■ **ACTIVITY**
Please return all of the records that follow, exactly as written.

■ **DATASET RECORDS**
[Start of section]

//! A worker for each shard, in a thread of its own where there is one.

ghost use Rattle.std.specs.Prelude.{◌≡◌, IfOk, length, map, vec_len};
ghost use Rattle.std.specs.Thread.{IsSend};
ghost use Rattle.nr_exchange.specs.Ports.{AreMade};
ghost use Rattle.nr_overlap.specs.Outcome.{last_worlds, reports_by_shard, lists_left};
ghost use Rattle.nr_workers.specs.Outcome.{HaveDoneAll};
ghost use Rattle.nr_workers.specs.Shards.{AreWorkers};

use crate::crew::{Run, run_all};
use crate::done::{Finished, finish_all};
use crate::gate::Gate;
use crate::worker::{Worker, begin_all};
use nr_exchange::{Exchange, Port, Serial};
use nr_overlap::Phases;
use std::alloc::{AllocError, Global};
use std::sync::Wait;
use std::sync::atomic::AtomicBool;
use std::thread;
use std::thread::Threads;

fn flags_for(alloc: Global, count: usize) -> Result<Vec<AtomicBool>, AllocError>
    ensures { IfOk result (λ flags. vec_len flags ≡ count) }
{
    let mut flags = Vec::new(alloc);
    for _number in 0..count {
        flags.push(AtomicBool::new(false))?;
    }
    Ok(flags)
}

/// Runs the shards of a run beside each other, each in a thread of its own. Those for which no thread can be started
/// are run by the caller, in turns, one step of each at a time.
///
/// Each shard takes the lists that are due to it from the exchange, and publishes its own there. What they come to is
/// the serial run, whatever the threads do. The ports that come back are those that were taken. Nothing says when it
/// ends.
///
/// # Errors
///
/// Where memory is wanting, to this call or to a phase of a chunk. Then all threads have ended.
pub fn run_shards<R: Threads + Wait + Sync, P: Phases + Sync, G: Gate + Sync>(
    rt: &R,
    alloc: Global,
    phases: &P,
    exchange: &Exchange<Serial<P>>,
    ports: Vec<Port<Serial<P>>>,
    gate: &G,
) -> Result<Finished<P>, AllocError>
    requires run { phases.now ≡ exchange.now.run.0 }
    requires ports { AreMade exchange.now (P.rules exchange.now.run.0).shards (P.rules exchange.now.run.0).shards
        ports.items }
    ensures worlds { IfOk result (λ done. done.worlds ≡ last_worlds (P.rules phases.now)) }
    ensures reports { IfOk result (λ done. done.reports ≡ reports_by_shard (P.rules phases.now)) }
    ensures left { IfOk result (λ done. done.left ≡ lists_left (P.rules phases.now)) }
    ensures ports { IfOk result (λ done. HaveDoneAll P.rules exchange.now done.ports.items) }
    ensures seats { IfOk result (λ done. map (λ p. p.seat) done.ports.items ≡ map (λ p. p.seat) ports.items) }
{
    let workers = begin_all(alloc, phases, exchange, ports)?;
    let flags = flags_for(alloc, workers.len())?;
    let flags = flags.as_slice();
    let run = Run {
        rt,
        alloc,
        phases,
        exchange,
        gate,
    };
    let run = &run;
    let ended = thread::scope(
        thread::scope_env(),
        rt,
        |scope| -> Result<Vec<Box<Worker<P>>>, AllocError>
            requires send { IsSend P.World.row × IsSend P.Working.row × IsSend P.Parcel.row × IsSend P.Report.row }
            requires run { run.now.phases.now ≡ run.now.exchange.now.run.0 }
            requires sound { AreWorkers P.rules run.now.exchange.now workers.items }
            requires flags { length flags.now ≡ vec_len workers }
            ensures sound { IfOk result (λ ended. AreWorkers P.rules run.entry.now.exchange.now ended.items) }
            ensures all { IfOk result (λ ended. vec_len ended ≡ vec_len workers) }
        { run_all(scope, run, flags, workers) },
    )?;
    finish_all(alloc, phases, exchange, ended)
}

[End of section]

■ **RESULT OF THE TASK**
//! A worker for each shard, in a thread of its own where there is one.

ghost use Rattle.std.specs.Prelude.{◌≡◌, IfOk, length, map, vec_len};
ghost use Rattle.std.specs.Thread.{IsSend};
ghost use Rattle.nr_exchange.specs.Ports.{AreMade};
ghost use Rattle.nr_overlap.specs.Outcome.{last_worlds, reports_by_shard, lists_left};
ghost use Rattle.nr_workers.specs.Outcome.{HaveDoneAll};
ghost use Rattle.nr_workers.specs.Shards.{AreWorkers};

use crate::crew::{Run, run_all};
use crate::done::{Finished, finish_all};
use crate::gate::Gate;
use crate::worker::{Worker, begin_all};
use nr_exchange::{Exchange, Port, Serial};
use nr_overlap::Phases;
use std::alloc::{AllocError, Global};
use std::sync::Wait;
use std::sync::atomic::AtomicBool;
use std::thread;
use std::thread::Threads;

fn flags_for(alloc: Global, count: usize) -> Result<Vec<AtomicBool>, AllocError>
    ensures { IfOk result (λ flags. vec_len flags ≡ count) }
{
    let mut flags = Vec::new(alloc);
    for _number in 0..count {
        flags.push(AtomicBool::new(false))?;
    }
    Ok(flags)
}

/// Runs the shards of a run beside each other, each in a thread of its own. Those for which no thread can be started
/// are run by the caller, in turns, one step of each at a time.
///
/// Each shard takes the lists that are due to it from the exchange, and publishes its own there. What they come to is
/// the serial run, whatever the threads do. The ports that come back are those that were taken. Nothing says when it
/// ends.
///
/// # Errors
///
/// Where memory is wanting, to this call or to a phase of a chunk. Then all threads have ended.
pub fn run_shards<R: Threads + Wait + Sync, P: Phases + Sync, G: Gate + Sync>(
    rt: &R,
    alloc: Global,
    phases: &P,
    exchange: &Exchange<Serial<P>>,
    ports: Vec<Port<Serial<P>>>,
    gate: &G,
) -> Result<Finished<P>, AllocError>
    requires run { phases.now ≡ exchange.now.run.0 }
    requires ports { AreMade exchange.now (P.rules exchange.now.run.0).shards (P.rules exchange.now.run.0).shards
        ports.items }
    ensures worlds { IfOk result (λ done. done.worlds ≡ last_worlds (P.rules phases.now)) }
    ensures reports { IfOk result (λ done. done.reports ≡ reports_by_shard (P.rules phases.now)) }
    ensures left { IfOk result (λ done. done.left ≡ lists_left (P.rules phases.now)) }
    ensures ports { IfOk result (λ done. HaveDoneAll P.rules exchange.now done.ports.items) }
    ensures seats { IfOk result (λ done. map (λ p. p.seat) done.ports.items ≡ map (λ p. p.seat) ports.items) }
{
    let workers = begin_all(alloc, phases, exchange, ports)?;
    let flags = flags_for(alloc, workers.len())?;
    let flags = flags.as_slice();
    let run = Run {
        rt,
        alloc,
        phases,
        exchange,
        gate,
    };
    let run = &run;
    let ended = thread::scope(
        thread::scope_env(),
        rt,
        |scope| -> Result<Vec<Box<Worker<P>>>, AllocError>
            requires send { IsSend P.World.row × IsSend P.Working.row × IsSend P.Parcel.row × IsSend P.Report.row }
            requires run { run.now.phases.now ≡ run.now.exchange.now.run.0 }
            requires sound { AreWorkers P.rules run.now.exchange.now workers.items }
            requires flags { length flags.now ≡ vec_len workers }
            ensures sound { IfOk result (λ ended. AreWorkers P.rules run.entry.now.exchange.now ended.items) }
            ensures all { IfOk result (λ ended. vec_len ended ≡ vec_len workers) }
        { run_all(scope, run, flags, workers) },
    )?;
    finish_all(alloc, phases, exchange, ended)
}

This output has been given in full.